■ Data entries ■
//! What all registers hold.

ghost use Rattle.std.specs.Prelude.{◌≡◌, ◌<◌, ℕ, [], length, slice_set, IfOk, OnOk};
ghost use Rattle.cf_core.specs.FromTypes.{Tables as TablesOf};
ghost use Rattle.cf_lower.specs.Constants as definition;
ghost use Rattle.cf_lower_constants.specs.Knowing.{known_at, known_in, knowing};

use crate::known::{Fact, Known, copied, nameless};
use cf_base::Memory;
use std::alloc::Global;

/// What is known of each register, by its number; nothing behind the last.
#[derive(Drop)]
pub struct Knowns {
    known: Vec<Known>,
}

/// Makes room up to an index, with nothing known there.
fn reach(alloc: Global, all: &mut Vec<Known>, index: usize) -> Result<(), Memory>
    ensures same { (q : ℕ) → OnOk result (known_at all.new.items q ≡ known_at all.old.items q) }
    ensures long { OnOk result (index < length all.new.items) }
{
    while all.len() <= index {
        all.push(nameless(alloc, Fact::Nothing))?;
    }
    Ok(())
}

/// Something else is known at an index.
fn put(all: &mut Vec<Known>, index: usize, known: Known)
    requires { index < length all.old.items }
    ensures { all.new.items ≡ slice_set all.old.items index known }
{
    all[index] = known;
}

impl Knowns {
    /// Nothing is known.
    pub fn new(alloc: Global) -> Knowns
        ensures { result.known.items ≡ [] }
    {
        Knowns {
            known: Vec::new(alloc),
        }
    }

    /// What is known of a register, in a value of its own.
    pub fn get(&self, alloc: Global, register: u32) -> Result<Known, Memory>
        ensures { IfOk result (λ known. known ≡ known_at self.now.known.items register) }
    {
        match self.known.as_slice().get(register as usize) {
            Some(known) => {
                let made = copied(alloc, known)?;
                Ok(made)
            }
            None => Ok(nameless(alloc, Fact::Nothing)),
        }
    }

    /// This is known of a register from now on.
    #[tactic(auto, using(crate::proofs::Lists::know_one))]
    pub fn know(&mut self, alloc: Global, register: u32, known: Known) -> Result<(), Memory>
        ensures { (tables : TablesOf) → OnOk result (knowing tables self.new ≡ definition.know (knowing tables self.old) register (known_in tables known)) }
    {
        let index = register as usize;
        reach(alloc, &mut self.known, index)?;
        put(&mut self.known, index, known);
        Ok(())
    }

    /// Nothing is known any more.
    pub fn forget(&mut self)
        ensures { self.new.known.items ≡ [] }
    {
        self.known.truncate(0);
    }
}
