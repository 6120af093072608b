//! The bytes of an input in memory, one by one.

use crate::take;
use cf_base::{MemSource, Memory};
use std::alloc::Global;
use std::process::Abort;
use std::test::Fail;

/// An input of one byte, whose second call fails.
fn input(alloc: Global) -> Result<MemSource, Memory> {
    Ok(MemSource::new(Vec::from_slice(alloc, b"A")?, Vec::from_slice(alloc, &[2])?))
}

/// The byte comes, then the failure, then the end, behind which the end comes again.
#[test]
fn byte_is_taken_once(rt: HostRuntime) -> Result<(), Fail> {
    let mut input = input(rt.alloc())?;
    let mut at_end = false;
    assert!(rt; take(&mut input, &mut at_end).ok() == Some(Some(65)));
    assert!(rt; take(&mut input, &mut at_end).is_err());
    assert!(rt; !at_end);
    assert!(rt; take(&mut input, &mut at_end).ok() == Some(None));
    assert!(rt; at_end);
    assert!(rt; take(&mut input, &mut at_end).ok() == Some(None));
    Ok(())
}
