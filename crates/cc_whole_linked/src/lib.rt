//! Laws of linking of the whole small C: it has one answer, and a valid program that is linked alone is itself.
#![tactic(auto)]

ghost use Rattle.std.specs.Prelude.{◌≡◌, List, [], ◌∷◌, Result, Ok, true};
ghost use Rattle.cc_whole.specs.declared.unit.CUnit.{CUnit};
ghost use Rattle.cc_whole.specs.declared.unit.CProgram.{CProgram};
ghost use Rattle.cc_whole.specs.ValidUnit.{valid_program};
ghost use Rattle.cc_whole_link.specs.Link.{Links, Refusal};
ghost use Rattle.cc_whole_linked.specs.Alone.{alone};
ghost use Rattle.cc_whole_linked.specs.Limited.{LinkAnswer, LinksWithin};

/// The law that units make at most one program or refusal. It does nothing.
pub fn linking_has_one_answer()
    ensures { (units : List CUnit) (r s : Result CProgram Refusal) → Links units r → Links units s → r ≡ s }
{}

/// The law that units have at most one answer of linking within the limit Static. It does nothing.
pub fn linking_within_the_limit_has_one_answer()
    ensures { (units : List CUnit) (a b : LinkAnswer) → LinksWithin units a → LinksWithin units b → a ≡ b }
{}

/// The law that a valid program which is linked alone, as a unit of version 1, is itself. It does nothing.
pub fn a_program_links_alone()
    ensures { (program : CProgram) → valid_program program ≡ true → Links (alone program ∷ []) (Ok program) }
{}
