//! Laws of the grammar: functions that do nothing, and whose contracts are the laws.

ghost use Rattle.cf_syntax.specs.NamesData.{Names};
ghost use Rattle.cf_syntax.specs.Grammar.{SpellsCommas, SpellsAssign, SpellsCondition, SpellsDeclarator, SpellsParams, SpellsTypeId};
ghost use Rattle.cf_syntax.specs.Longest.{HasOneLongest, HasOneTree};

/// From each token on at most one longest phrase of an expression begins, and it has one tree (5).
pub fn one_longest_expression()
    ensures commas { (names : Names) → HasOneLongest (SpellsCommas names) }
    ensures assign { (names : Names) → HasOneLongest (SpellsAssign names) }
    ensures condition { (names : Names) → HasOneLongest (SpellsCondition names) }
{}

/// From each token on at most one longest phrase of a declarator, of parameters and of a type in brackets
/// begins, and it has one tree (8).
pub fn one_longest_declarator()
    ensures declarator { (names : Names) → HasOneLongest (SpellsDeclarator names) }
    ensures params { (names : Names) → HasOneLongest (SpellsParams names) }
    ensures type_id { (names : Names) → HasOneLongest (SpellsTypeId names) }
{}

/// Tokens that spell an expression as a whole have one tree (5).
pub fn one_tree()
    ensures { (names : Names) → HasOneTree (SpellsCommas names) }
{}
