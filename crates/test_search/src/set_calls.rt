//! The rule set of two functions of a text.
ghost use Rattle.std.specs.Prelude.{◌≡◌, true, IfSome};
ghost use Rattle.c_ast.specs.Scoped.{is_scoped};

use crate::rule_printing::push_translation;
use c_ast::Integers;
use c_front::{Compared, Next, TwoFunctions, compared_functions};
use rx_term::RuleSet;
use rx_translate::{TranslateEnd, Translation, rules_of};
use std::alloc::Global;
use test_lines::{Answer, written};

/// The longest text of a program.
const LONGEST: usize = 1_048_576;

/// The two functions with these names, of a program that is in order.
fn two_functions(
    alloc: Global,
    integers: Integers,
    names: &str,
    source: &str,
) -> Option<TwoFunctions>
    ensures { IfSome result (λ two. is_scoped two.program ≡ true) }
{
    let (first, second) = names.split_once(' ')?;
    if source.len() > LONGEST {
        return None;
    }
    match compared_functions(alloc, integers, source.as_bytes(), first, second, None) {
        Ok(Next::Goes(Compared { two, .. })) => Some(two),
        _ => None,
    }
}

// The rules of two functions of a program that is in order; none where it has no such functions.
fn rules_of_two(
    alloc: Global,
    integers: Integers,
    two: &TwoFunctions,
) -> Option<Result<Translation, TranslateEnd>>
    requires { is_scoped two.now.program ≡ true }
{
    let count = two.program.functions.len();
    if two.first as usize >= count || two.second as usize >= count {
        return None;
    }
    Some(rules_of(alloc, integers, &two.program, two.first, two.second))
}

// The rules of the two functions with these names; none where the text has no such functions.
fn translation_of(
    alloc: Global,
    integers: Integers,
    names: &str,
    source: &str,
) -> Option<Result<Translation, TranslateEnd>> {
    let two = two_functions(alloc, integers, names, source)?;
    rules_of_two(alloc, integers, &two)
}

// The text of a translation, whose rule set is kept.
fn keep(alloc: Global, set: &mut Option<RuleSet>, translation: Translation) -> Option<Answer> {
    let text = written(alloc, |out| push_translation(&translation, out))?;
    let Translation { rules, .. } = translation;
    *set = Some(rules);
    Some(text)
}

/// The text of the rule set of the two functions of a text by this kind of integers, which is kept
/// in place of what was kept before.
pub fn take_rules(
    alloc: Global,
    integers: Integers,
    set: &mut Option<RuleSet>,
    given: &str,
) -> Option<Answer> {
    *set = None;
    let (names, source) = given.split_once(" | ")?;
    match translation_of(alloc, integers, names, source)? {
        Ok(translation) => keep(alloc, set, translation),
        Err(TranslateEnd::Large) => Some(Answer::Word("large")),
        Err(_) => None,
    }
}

■ Work to be completed ■
Go through the records from the first line and copy each one exactly, ending after the line that contains "ghost use Rattle.cf_lower.specs.Constants". Give nothing else.

■ Task output ■
//! What all registers hold.

ghost use Rattle.std.specs.Prelude.{◌≡◌, ◌<◌, ℕ, [], length, slice_set, IfOk, OnOk};
ghost use Rattle.cf_core.specs.FromTypes.{Tables as TablesOf};
ghost use Rattle.cf_lower.specs.Constants as definition;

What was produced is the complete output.